Petroski wrote this charming memoir while on sabbatical from Duke University (where he is chair of the civil engineering department) to show how being a paperboy "prepared [him] for becoming an engineering student and, ultimately, an engineer." The book focuses on his adolescent years from 1954 to 1958, following the family's move on his 12th birthday from Brooklyn to Cambria Heights, Queens. Petroski (The Evolution of Useful Things) was given a bicycle for that birthday and shortly thereafter acquired a paper route. He maintained the route for four years, as he moved from grammar school to high school and broadened his interests into girls, reading, machines, etc., and along the way learned about life as only adolescents can. The writing is Petroski at his best: clear, flowing, interesting, and fun. Readers get a glimpse of life in the 1950s, with delightful details, for example, on train sets, bicycles, street layouts, newspapers, and bingo, none of which slows down the story as readers are drawn into the Petroski family. Highly recommended for all collections. Michael D. Cramer, Schwarz BioSciences, Raleigh, NC Copyright 2002 Cahners Business Information.
An engineer (Civil Engineering and History/Duke) who has written about pencils, bridges, and other useful things casts a fond-and analytical-look back at his own 1950s youth and once again discovers mystery and magnificence in the mundane. Petroski (The Book on the Bookshelf, 1999, etc.) begins near his 12th birthday, when he received what he wanted most: a Schwinn. It arrived unassembled, and Petroski's father (manually challenged) wisely permitted his more skillful son to put it together. The Schwinn would soon carry young Petroski around Queens on a paper route that he kept for the better part of two-and-a-half years-approximately the timeframe for this marvelous memoir. With his fascination for the pragmatic and historical, Petroski lets few things escape his analysis. He relates some of the history of Queens, the system of numbering houses there, the method for adjusting bicycle spokes, the rules of penny-pitching, the history of the Long Island Press (the paper he delivered), the economics of newspaper-delivery, the history of the bicycle, the differences between American Flyer and Lionel trains, the effects of consuming two aspirin with warm Pepsi, the Dodgers' move from Brooklyn-and so much more. At one point he confesses, "The closer I looked at things, the more complicated they became." Lucky for us. Petroski pauses to ponder complications and then explain them in a prose so transparent that at times we are barely aware we are reading. Among the treasures: a terrific description of how he folded a newspaper to keep it from flying apart as it soared from his hand to the subscriber's porch; and a horrifying account of a brutal algebra teacher's determination (and failure) to breakPetroski's spirit. The author concludes that "Being an engineer is in fact a lot like being a paperboy," and by the end, we're convinced as well that no metaphor for life is more apt than a paper route. (30 b&w photos throughout)

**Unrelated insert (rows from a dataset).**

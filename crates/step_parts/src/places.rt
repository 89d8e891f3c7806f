// The places of an atom in such a part of any clause, from the last one down, along the index.

ghost use Rattle.std.specs.Prelude.{◌≡◌, ℕ, ◌≤◌, ◌<◌, length, get_or};
ghost use Rattle.std.proofs.Props.{props};
ghost use Rattle.step_parts.specs.Parts.{Stands, owner_at};

use crate::{Indexed, Part};

// Where the walk is: at a place where the atom stands in the part, or at 0, past the first.
#[derive(Clone, Copy)]
pub struct Places<'a> {
    pub table: Indexed<'a>,
    pub part: Part,
    pub atom: u16,
    pub at: usize,
    pub ghost stands: { 0 < at → (at < length table.words.now) × Stands table.words.now part atom (get_or table.index.now (owner_at at) 0) at } by { Prim.hlevel props },
}

impl<'a> Iterator for Places<'a> {
    ghost use Rattle.std.specs.Iterator.{at_most};
    ghost use Rattle.step_parts.specs.Reading.{PlaceBefore};

    type Item = usize;

    ghost next_gives = { PlaceBefore };

    ghost remaining = { λ s. at_most s.at };

    fn next(&mut self) -> Option<usize> {
        let place = self.at;
        if place == 0 {
            return None;
        }
        self.at = self.table.place_before(place);
        Some(place)
    }
}
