// A part of a clause as slices from the table's middle: its kept atoms, and tests on them.

ghost use Rattle.std.specs.Prelude.{◌≡◌, ℕ, ◌≤◌, ◌<◌, length, get_or};
ghost use Rattle.std.specs.Iterator.{YieldsFirst, item_count};
ghost use Rattle.std.proofs.Props.{props};
ghost use Rattle.semantics.specs.Lists.{mem, within, null};
ghost use Rattle.table.specs.Slices.{kept_of};
ghost use Rattle.step_parts.specs.Parts.{Ascends, Sought, single_of};

// ---- tests on the words of a part

// The place of the first word that is not below the atom: by halves.
pub fn seek(part: &[u16], atom: u16) -> usize
    requires { Ascends part.now }
    ensures { Sought part.now atom result }
{
    part.partition_point(|word| *word < atom)
}

// The same from a place before which every word is below the atom: one word after the other.
pub fn skip(part: &[u16], from: usize, atom: u16) -> usize
    requires ascends { Ascends part.now }
    requires within { from ≤ length part.now }
    requires below { (i : ℕ) → i < from → get_or part.now i 0 < atom }
    ensures { Sought part.now atom result }
{
    let rest = &part[from..];
    from + rest
        .iter()
        .position(|word| atom <= *word)
        .unwrap_or(rest.len())
}

// Whether the atom, which was sought and would stand at `at`, stands there and is kept.
pub fn stands(part: &[u16], marks: &[u8], at: usize, atom: u16) -> bool
    requires long { length part.now ≤ length marks.now }
    requires ascends { Ascends part.now }
    requires sought { Sought part.now atom at }
    ensures { result ≡ mem atom (kept_of part.now marks.now) }
{
    if part.len() <= at {
        return false;
    }
    if part[at] != atom {
        return false;
    }
    marks[at] == 1
}

// Whether no atom of the part is kept.
pub fn part_empty(part: &[u16], marks: &[u8]) -> bool
    requires { length part.now ≤ length marks.now }
    ensures { result ≡ null (kept_of part.now marks.now) }
{
    let mut kept = Kept { words: part, marks };
    kept.next().is_none()
}

// The part's only kept atom.
pub fn part_single(part: &[u16], marks: &[u8]) -> Option<u16>
    requires { length part.now ≤ length marks.now }
    ensures { result ≡ single_of (kept_of part.now marks.now) }
{
    let mut kept = Kept { words: part, marks };
    let first = kept.next()?;
    if kept.next().is_some() {
        return None;
    }
    Some(first)
}

// ---- a part with its marks

// The kept atoms of a part, one after the other.
#[derive(Clone, Copy)]
pub struct Kept<'a> {
    pub words: &'a [u16],
    pub marks: &'a [u8],
    pub ghost long: { length words.now ≤ length marks.now },
}

impl<'a> Iterator for Kept<'a> {
    type Item = u16;

    ghost next_gives = { YieldsFirst (λ s. kept_of s.words.now s.marks.now) };

    ghost remaining = { item_count (λ s. kept_of s.words.now s.marks.now) };

    fn next(&mut self) -> Option<u16> {
        while let Some((word, words)) = self.words.split_first() {
            let mark = self.marks[0];
            self.words = words;
            self.marks = &self.marks[1..];
            if mark == 1 {
                return Some(*word);
            }
        }
        None
    }
}

// The words of a part, which ascend, and their marks.
#[derive(Clone, Copy)]
pub struct Atoms<'a> {
    pub words: &'a [u16],
    pub marks: &'a [u8],
    pub ghost long: { length words.now ≤ length marks.now },
    pub ghost ascends: { Ascends words.now } by { Prim.hlevel props },
}

impl<'a> Atoms<'a> {
    // The kept atoms, one after the other.
    pub fn kept(&self) -> Kept<'a>
        ensures words { result.words ≡ self.now.words }
        ensures marks { result.marks ≡ self.now.marks }
    {
        Kept {
            words: self.words,
            marks: self.marks,
        }
    }

    // Whether the atom is a kept one of the part.
    pub fn has(&self, atom: u16) -> bool
        ensures { result ≡ mem atom (kept_of self.now.words.now self.now.marks.now) }
    {
        stands(self.words, self.marks, seek(self.words, atom), atom)
    }

    // Whether each kept atom of the part is a kept one of the other: one walk of both.
    pub fn within(&self, other: &Atoms) -> bool
        ensures { result ≡ within (kept_of self.now.words.now self.now.marks.now) (kept_of other.now.words.now other.now.marks.now) }
    {
        let mut at: usize = 0;
        for atom in self.kept() {
            at = skip(other.words, at, atom);
            if !stands(other.words, other.marks, at, atom) {
                return false;
            }
        }
        true
    }
}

For as long as I can remember, I have been fascinated by things large and small. I wanted to know what made my watch tick, my radio play, and my house stand. I wanted to know who invented the bottle cap and who designed the bridge. I guess from early on I wanted to be an engineer.
In Paperboy I have written about my teenage years, during which I delivered newspapers when I wasn't taking apart one of my mother's kitchen appliances. The newspaper itself is a thing of wonder for me, and I recall in some detail how we delivered it in the 1950s, folding it into a tight package and flipping it from a bicycle. My bike, a Schwinn, consumed a lot of my time and attention as a teenager, and it is a kind of character in my memoir. My family, friends, and teachers naturally also appear, but it is the attention to things as well as people that ties Paperboy to my other books.
Like a lot of writers, I write books to try to understand better how the world and the things in it work. My first book, To Engineer Is Human, was prompted by nonengineer friends asking me why so many technological accidents and failures were occurring. If engineers knew what they were doing, why did bridges and buildings fall down? It was a question that I had often asked myself, and I had no easy answer. Since the question was a nontechnical one, I wrote my book in nontechnical language. I am pleased that engineers and nonengineers find the book readable and helpful in making sense of the world of things and the people who make things.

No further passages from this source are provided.